# Visa Run - This week + questions



## DanielAli (Nov 24, 2011)

Hello everyone,
I am new to this forum and am posting last minute so excuse me if I am posting in the wrong section (as it seems to annoy the oldies on here).

So here is the scenario:
I am a US citizen looking for work in UAE. I flew Etihad and hence landed in AbuDhabi where I was stamped a 30 day visa. This was on 11.02.2011.
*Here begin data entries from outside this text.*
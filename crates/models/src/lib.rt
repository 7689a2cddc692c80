// The working diagram as mathematics, and what each change of it keeps: the definitions are in specs/.
// Each function stands for the theorems that its contract states.
#![tactic(auto)]

ghost use Rattle.models.specs.Laws.{EditsKeepSound};

// A diagram of nothing is sound, and every edit of a sound diagram leaves a sound one; placing, removing, joining,
// scaling, fusing and attaching do so where the test that goes with each says that it can be done, and placing at
// a phase below a full turn.
pub fn edits_keep_sound()
    ensures { EditsKeepSound }
{}
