// Replays traces, and prints a line for each: its name; `good`, or the file that is refused; the refusal's number, index and place;
// the steps taken; whether the machine is complete, and whether it is so with the asked outcome; the state after the steps.
//
// A row of standard input has a name and the bytes of a trace of the program that the lines with = and + above it give.
#![tactic(auto)]

use cases_rows::file::File;
use cases_rows::row::{Row, Rows};
use cases_rows::show::State;
use cases_rows::{input, unread};
use std::io;
use trace_replay::{ReplayRefusal, replay};

fn yes_or_no(b: bool) -> &'static str {
    if b { "yes" } else { "no" }
}

fn replayed(rt: &impl Print, name: &[u8], file: &[u8], trace: &[u8]) -> io::Result<()> {
    let r = replay(file, trace);
    let (said, refusal, index, place) = match r.answer {
        Ok(()) => ("good", 0, 0, 0),
        Err(ReplayRefusal::Program(e)) => ("program", e.refusal.number(), 0, e.place),
        Err(ReplayRefusal::Trace(e, index)) => ("trace", e.refusal.number(), index, e.place),
    };
    let steps = r.steps;
    let complete = yes_or_no(r.complete);
    let holds = yes_or_no(r.holds);
    let after = State(r.machine);
    rt.write_all(name)?;
    println!(rt; " {said} {refusal} {index} {place} {steps} {complete} {holds}{after}")
}

fn row(rt: &impl Print, r: Row) -> io::Result<()> {
    let trace = File::none().add(r.says);
    match (r.file.readable(), trace.readable()) {
        (Some(file), Some(trace)) => replayed(rt, r.name, file, trace),
        _ => unread(rt, r.name),
    }
}

fn main(rt: HostRuntime) -> io::Result<()> {
    let mut buffer = [0u8; 65536];
    let n = input(&rt, &mut buffer)?;
    for r in Rows::of(&buffer[..n]) {
        row(&rt, r)?;
    }
    Ok(())
}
Currently I am approaching the end of my visa and from what I have read are the one of two things:
1) I can renew the visa once from within the country 
2) I can do a visa run to Oman 
3) I can fly to Qatar and back

Considering, the options above I have the following questions:
Option 1) If i renew it within the country would I be able to go and do a visa run right after the renewal expires? Or will I have to sit out of UAE for 30 days? Could someone please clarify that?
Option 2) Is anyone on the forum looking to head to Oman, if so, I will be willing to hitch along and share expenses.
Option 3) Considering I can find a cheap airfare for Qatar, can anyone highlight the particulars of going this route? For example, Do I have to pay a fee for a visa at Qatar airport? And, if there is any hassle on the way back when you fly into UAE? I mean do the immigration officers greet you with a smile? or a frown? 
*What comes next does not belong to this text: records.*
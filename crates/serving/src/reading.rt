//! Reads items, one after another: a line, or an import line with its payload.
ghost use Rattle.std.specs.Prelude.{◌≡◌, ◌≢◌, ◌≤◌, ◌<◌, ◌⊎◌, ℕ, List, [], length, OnOk, OnErr, IfOk, Option, Some, option_map, IsTrue, ◌↔◌};
ghost use Rattle.std.specs.Io.KnownBytes.{IsAtEnd};
ghost use Rattle.lines.specs.Ahead.{IsRest, Taken, weight};
ghost use Rattle.lines.specs.Grammar.{Asked, AskQuit};
ghost use Rattle.serving.specs.Items.{Item, AsksFor, payload_len};
ghost use Rattle.lines.specs.Lines.{IsLine, kept, Reaches};
ghost use Rattle.lines.specs.Requests.{asked};
ghost use Rattle.serving.specs.Session.{Stored, Holds};

use lines::{
    Ahead, Extent, Language, Line, ReadFault, Request, read_payload, request_of, skip_payload,
};
use std::alloc::Global;
use std::io::Read;

/// A line and the part of its payload that was read. The payload isn't stored if its length isn't a tile's or memory
/// was refused.
#[derive(Drop)]
pub struct KeptItem<'a> {
    pub request: Option<Request<'a>>,
    pub payload: Option<Vec<u8>>,
    pub extent: Extent,
}

/// The request of the line, if the language has it and the line isn't too long.
fn request_in(language: Language, line: &Line) -> Option<Request<'_>>
    ensures { (text : List ℕ) → line.now ≡ kept text
        → AsksFor language text (option_map asked result) }
{
    request_of(language, line.bytes()?)
}

/// The number of payload bytes that follow the line.
fn payload_len(request: &Option<Request<'_>>) -> u32
    ensures { result ≡ payload_len (option_map asked request.now) }
{
    match request {
        Some(Request::Import { len, .. }) => *len,
        _ => 0,
    }
}

/// Reads a payload, and stores it if it has a tile's length and memory suffices.
fn read_or_skip_payload<R: Read>(
    alloc: Global,
    tile_len: u32,
    len: u32,
    ahead: &mut Ahead,
    reader: &mut R,
) -> Result<(Option<Vec<u8>>, Extent), ReadFault>
    ensures ok { IfOk result (λ p. (bytes : List ℕ) × Stored p.0 bytes
        × Reaches p.1 (length bytes) len
        × Taken ahead.old (R.remaining reader.old) ahead.new (R.remaining reader.new) bytes) }
    ensures cut { IfOk result (λ p. p.1 ≡ Extent.Cut
        → (ahead.new.bytes ≡ []) × IsAtEnd (R.remaining reader.new)) }
    ensures rest { IfOk result (λ p. p.1 ≡ Extent.Whole → 0 < len → IsRest ahead.new) }
    ensures spent { OnOk result (weight ahead.new ≤ weight ahead.old) }
    ensures err { OnErr result ((bytes : List ℕ) × (length bytes < len)
        × Taken ahead.old (R.remaining reader.old) ahead.new (R.remaining reader.new) bytes) }
    ensures none_ahead { OnErr result (ahead.new.bytes ≡ []) }

    // Without a payload nothing is read.
    ensures none { len ≡ 0 → (ahead.new ≡ ahead.old) × (reader.new ≡ reader.old) }
{
    if len == 0 {
        return Ok((None, Extent::Whole));
    }
    if len == tile_len {
        if let Ok(mut payload) = Vec::with_capacity(alloc, len as usize) {
            let extent = read_payload(ahead, reader, len as usize, &mut payload)?;
            return Ok((Some(payload), extent));
        }
    }
    let extent = skip_payload(ahead, reader, len as usize)?;
    Ok((None, extent))
}

/// The item that begins with this line. An LF or the end of the input ended the line.
pub(crate) fn read_item<'a, R: Read>(
    alloc: Global,
    language: Language,
    tile_len: u32,
    fed: Extent,
    line: &'a Line,
    ahead: &mut Ahead,
    reader: &mut R,
) -> Result<KeptItem<'a>, ReadFault>
    requires { fed ≡ Extent.Cut → (ahead.old.bytes ≡ []) × IsAtEnd (R.remaining reader.old) }
    ensures ok { IfOk result (λ item. (text : List ℕ) → line.now ≡ kept text → IsLine text
        → (fed ≡ Extent.Cut → text ≢ [])
        → (i : Item) × Holds language item i × (i.line ≡ text) × (i.fed ≡ fed)
        × Taken ahead.old (R.remaining reader.old) ahead.new (R.remaining reader.new) i.payload) }
    ensures cut { IfOk result (λ item. item.extent ≡ Extent.Cut
        → (ahead.new.bytes ≡ []) × IsAtEnd (R.remaining reader.new)) }
    ensures rest { IfOk result (λ item. item.extent ≡ Extent.Whole → IsRest ahead.old
        → IsRest ahead.new) }
    ensures spent { OnOk result (weight ahead.new ≤ weight ahead.old) }
    ensures err { OnErr result ((fed ≡ Extent.Whole)
        × ((text : List ℕ) → line.now ≡ kept text
        → (bytes : List ℕ) × (a : Option Asked) × AsksFor language text a
        × (length bytes < payload_len a)
        × Taken ahead.old (R.remaining reader.old) ahead.new (R.remaining reader.new) bytes)) }
    ensures none_ahead { OnErr result (ahead.new.bytes ≡ []) }
    ensures quit { IfOk result (λ item. fed ≡ Extent.Whole
        → option_map asked item.request ≡ Some AskQuit
        → (ahead.new ≡ ahead.old) × (reader.new ≡ reader.old)) }
{
    let request = request_in(language, line);
    let (payload, extent) = match fed {
        Extent::Whole => read_or_skip_payload(
            alloc,
            tile_len,
            payload_len(&request),
            ahead,
            reader,
        )?,
        Extent::Cut => (None, Extent::Cut),
    };
    Ok(KeptItem {
        request,
        payload,
        extent,
    })
}

/// Whether the input ended before this line began.
pub(crate) fn is_over(fed: Extent, line: &Line) -> bool
    ensures { (text : List ℕ) → line.now ≡ kept text
        → IsTrue result ↔ ((fed ≡ Extent.Cut) × (text ≡ [])) }
{
    fed == Extent::Cut && line.is_empty()
}

/// Whether no further item is read after this one.
pub fn is_last(item: &KeptItem<'_>) -> bool
    ensures { IsTrue result
        ↔ ((item.now.extent ≡ Extent.Cut) ⊎ (option_map asked item.now.request ≡ Some AskQuit)) }
{
    item.extent == Extent::Cut || matches!(item.request, Some(Request::Quit))
}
In any case, any and all information will be appreciated

Thank you


----------



## Amal_44 (Nov 15, 2011)

unfortunately I can only answer #3. You normally would pay a visa fee at Qatar airport, it's 200 riyals. But, you can ask for a transit stamp if you just go in and out, and totally depends on the agents mood at that moment if they give it to you or not. And when you get back in UAE they've always been super nice to me, especially with a US passport, they never said anything to me about going back and forth, it seems to be common. But #1, I do not think Americans have to sit out of the UAE for 30 days, I never heard of that for US passport holders. I was in UAE for three months, I did the same thing- renewed it once inside, then flew to Qatar for a day, came into Dubai the same day without any issue.


----------



## xchaos777 (Dec 15, 2010)

Take a FlyDubai flight to Muscat....with immediate return. You will land in Muscat, bus to terminal, follow the flight connections to FlyDubai service desk, get return boarding pass, and get back on same plane for return.
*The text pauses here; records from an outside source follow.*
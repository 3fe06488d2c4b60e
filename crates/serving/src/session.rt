//! Serves items, one after another: each is read, answered, and its reply written.
ghost use Rattle.std.specs.Prelude.{◌≡◌, ◌<◌, List, [], Ok, Err, OnOk};
ghost use Rattle.engine.specs.Runs.{last_of};
ghost use Rattle.lines.specs.Ahead.{IsRest, to_come, weight};
ghost use Rattle.lines.specs.declared.language.Language.TheVariants.{Plain};
ghost use Rattle.serving.specs.Moments.{GoesInTurn, at_first};
ghost use Rattle.serving.specs.Outputs.{HasLeft, TellsFailure};
ghost use Rattle.serving.specs.Promises.{Answers, Serves};
ghost use Rattle.serving.specs.Served.{Outcome, ReadsNoFurther};
ghost use Rattle.serving.specs.Session.{EndsReading, Steps};

use crate::answering::Responder;
use crate::output::Output;
use crate::reading::{is_last, is_over, read_item};
use engine::Engine;
use lines::{Ahead, Language, Line, read_line};
use std::alloc::Global;
use std::io::Read;
use thiserror::Error;

/// Which side of the session failed.
#[derive(Clone, Copy, Debug, PartialEq, Eq, Error)]
pub enum ServeFault {
    /// A read failed, or 2^64 - 1 reads were made.
    #[error("input fault")]
    Input,
    /// A write failed or took no byte, or a flush failed.
    #[error("output fault")]
    Output,
}

/// Whether the session goes on.
#[derive(Clone, Copy, Debug, PartialEq, Eq)]
enum Next {
    More,
    End,
}

/// Reads an item, has it answered and writes the reply. No read is made once the item's end has come.
fn step<R: Read, O: Output, A: Responder>(
    alloc: Global,
    language: Language,
    ahead: &mut Ahead,
    line: &mut Line,
    reader: &mut R,
    writer: &mut O,
    responder: &mut A,
) -> Result<Next, ServeFault>
    ensures calls { (after : List A)
        × ((last_of responder.old after ≡ responder.new)
        × Steps language A.responded (to_come ahead.old (R.remaining reader.old)) (to_come ahead.new (R.remaining reader.new)) (O.stream writer.old).contents (O.stream writer.new).contents responder.old after result) }
    ensures output { TellsFailure (O.stream writer.old) (O.stream writer.new) result }
    ensures left { OnOk result (HasLeft (O.stream writer.old) (O.stream writer.new)) }
    ensures end { result ≡ Ok Next.End
        → EndsReading language (to_come ahead.old (R.remaining reader.old)) ahead.new.bytes (R.remaining reader.new) }
    ensures rest { result ≡ Ok Next.More → IsRest ahead.new }
    ensures spent { result ≡ Ok Next.More → weight ahead.new < weight ahead.old }
    ensures none_ahead { result ≡ Err ServeFault.Input → ahead.new.bytes ≡ [] }
{
    let payload_len = responder.payload_len();
    let Ok(fed) = read_line(ahead, reader, line) else {
        return Err(ServeFault::Input);
    };
    if is_over(fed, line) {
        return Ok(Next::End);
    }
    let Ok(item) = read_item(alloc, language, payload_len, fed, line, ahead, reader) else {
        return Err(ServeFault::Input);
    };
    let next = if is_last(&item) {
        Next::End
    } else {
        Next::More
    };
    let reply = responder.respond(alloc, item);
    writer.put_reply(&reply);
    if writer.has_failed() {
        return Err(ServeFault::Output);
    }
    Ok(next)
}

/// Answers the reader's items, one after another, up to the end of its bytes or `quit`. Nothing is read after the line
/// `quit`.
///
/// It doesn't matter how the reader cuts the bytes. A fault leaves the accepted commands accepted. After `Input` the
/// replies to all items read whole are written; after `Output` a prefix of the replies.
///
/// Each item that is an event is one call of the engine, and its reply is that call's answer. A power cut at any moment
/// since the reply to an item leaves the contents after that item or a later one, or those of the commit then in doubt:
/// what was acknowledged stays.
///
/// On any disk, honest or not, `OK` and a number is written for a command only if the engine answered so. A fault of
/// the disk is written as `ERR 20 Device`. After it each event but `count` gets `ERR 22 Failed`.
///
/// The result is `Output` exactly if a write or a flush of the output has failed. Otherwise each reply is flushed
/// before the next item is read, and all are at the end. After an item's end no further read is made: the buffer then
/// has the rest of the read that gave its end.
pub fn serve<R: Read, O: Output, E: Engine>(
    alloc: Global,
    reader: &mut R,
    writer: &mut O,
    engine: &mut E,
) -> Result<(), ServeFault>
    ensures calls { (engines : List E)
        × ((last_of engine.old engines ≡ engine.new)
        × Serves E.Engine Plain (R.remaining reader.old) (R.remaining reader.new) (O.stream writer.old).contents (O.stream writer.new).contents engine.old engines result) }
    ensures end { OnOk result (ReadsNoFurther Plain (R.remaining reader.old) (R.remaining reader.new)) }
    ensures turns { GoesInTurn (Answers E.Engine) Plain R.remaining O.stream (at_first reader.old writer.old engine.old) reader.new writer.new engine.new result }
    ensures output { TellsFailure (O.stream writer.old) (O.stream writer.new) result }
    ensures left { OnOk result (HasLeft (O.stream writer.old) (O.stream writer.new)) }
{
    serve_lines(alloc, Language::Plain, reader, writer, engine)
}

/// Answers items of this language, as [`serve`] does those of the plain one.
pub fn serve_lines<R: Read, O: Output, E: Engine>(
    alloc: Global,
    language: Language,
    reader: &mut R,
    writer: &mut O,
    engine: &mut E,
) -> Result<(), ServeFault>
    ensures calls { (engines : List E)
        × ((last_of engine.old engines ≡ engine.new)
        × Serves E.Engine language (R.remaining reader.old) (R.remaining reader.new) (O.stream writer.old).contents (O.stream writer.new).contents engine.old engines result) }
    ensures end { OnOk result (ReadsNoFurther language (R.remaining reader.old) (R.remaining reader.new)) }
    ensures turns { GoesInTurn (Answers E.Engine) language R.remaining O.stream (at_first reader.old writer.old engine.old) reader.new writer.new engine.new result }
    ensures output { TellsFailure (O.stream writer.old) (O.stream writer.new) result }
    ensures left { OnOk result (HasLeft (O.stream writer.old) (O.stream writer.new)) }
{
    serve_items(alloc, language, reader, writer, engine)
}

/// Has the items that the reader gives answered, one after another, as [`serve`] does.
pub fn serve_items<R: Read, O: Output, A: Responder>(
    alloc: Global,
    language: Language,
    reader: &mut R,
    writer: &mut O,
    responder: &mut A,
) -> Result<(), ServeFault>
    ensures calls { (after : List A)
        × ((last_of responder.old after ≡ responder.new)
        × Outcome language A.responded (R.remaining reader.old) (R.remaining reader.new) (O.stream writer.old).contents (O.stream writer.new).contents responder.old after result) }
    ensures end { OnOk result (ReadsNoFurther language (R.remaining reader.old) (R.remaining reader.new)) }
    ensures turns { GoesInTurn A.responded language R.remaining O.stream (at_first reader.old writer.old responder.old) reader.new writer.new responder.new result }
    ensures output { TellsFailure (O.stream writer.old) (O.stream writer.new) result }
    ensures left { OnOk result (HasLeft (O.stream writer.old) (O.stream writer.new)) }
{
    let mut ahead = Ahead::new(alloc);
    let mut line = Line::new();
    'items: loop {
        match step(
            alloc, language, &mut ahead, &mut line, reader, writer, responder,
        ) {
            Ok(Next::More) => {}
            Ok(Next::End) => return Ok(()),
            Err(fault) => return Err(fault),
        }
    }
}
Half the plane will probably be doing the same thing. You won't even need an Oman entry stamp or visa fee.


----------



## BedouGirl (Sep 15, 2011)

Fayaz said:


> Hello everyone,
> I am new to this forum and am posting last minute so excuse me if I am posting in the wrong section (as it seems to annoy the oldies on here).
> 
> So here is the scenario:
> ...


Have replied in your message above.


----------



## RPG (Jul 16, 2008)

How much is the overstay fee?


----------



## Jynxgirl (Nov 27, 2009)

100 dirham a day, if nothing has changed. You may or may not be charged it from the 30th day. Sometimes you get a ten day grace period. Just really depends though.


----------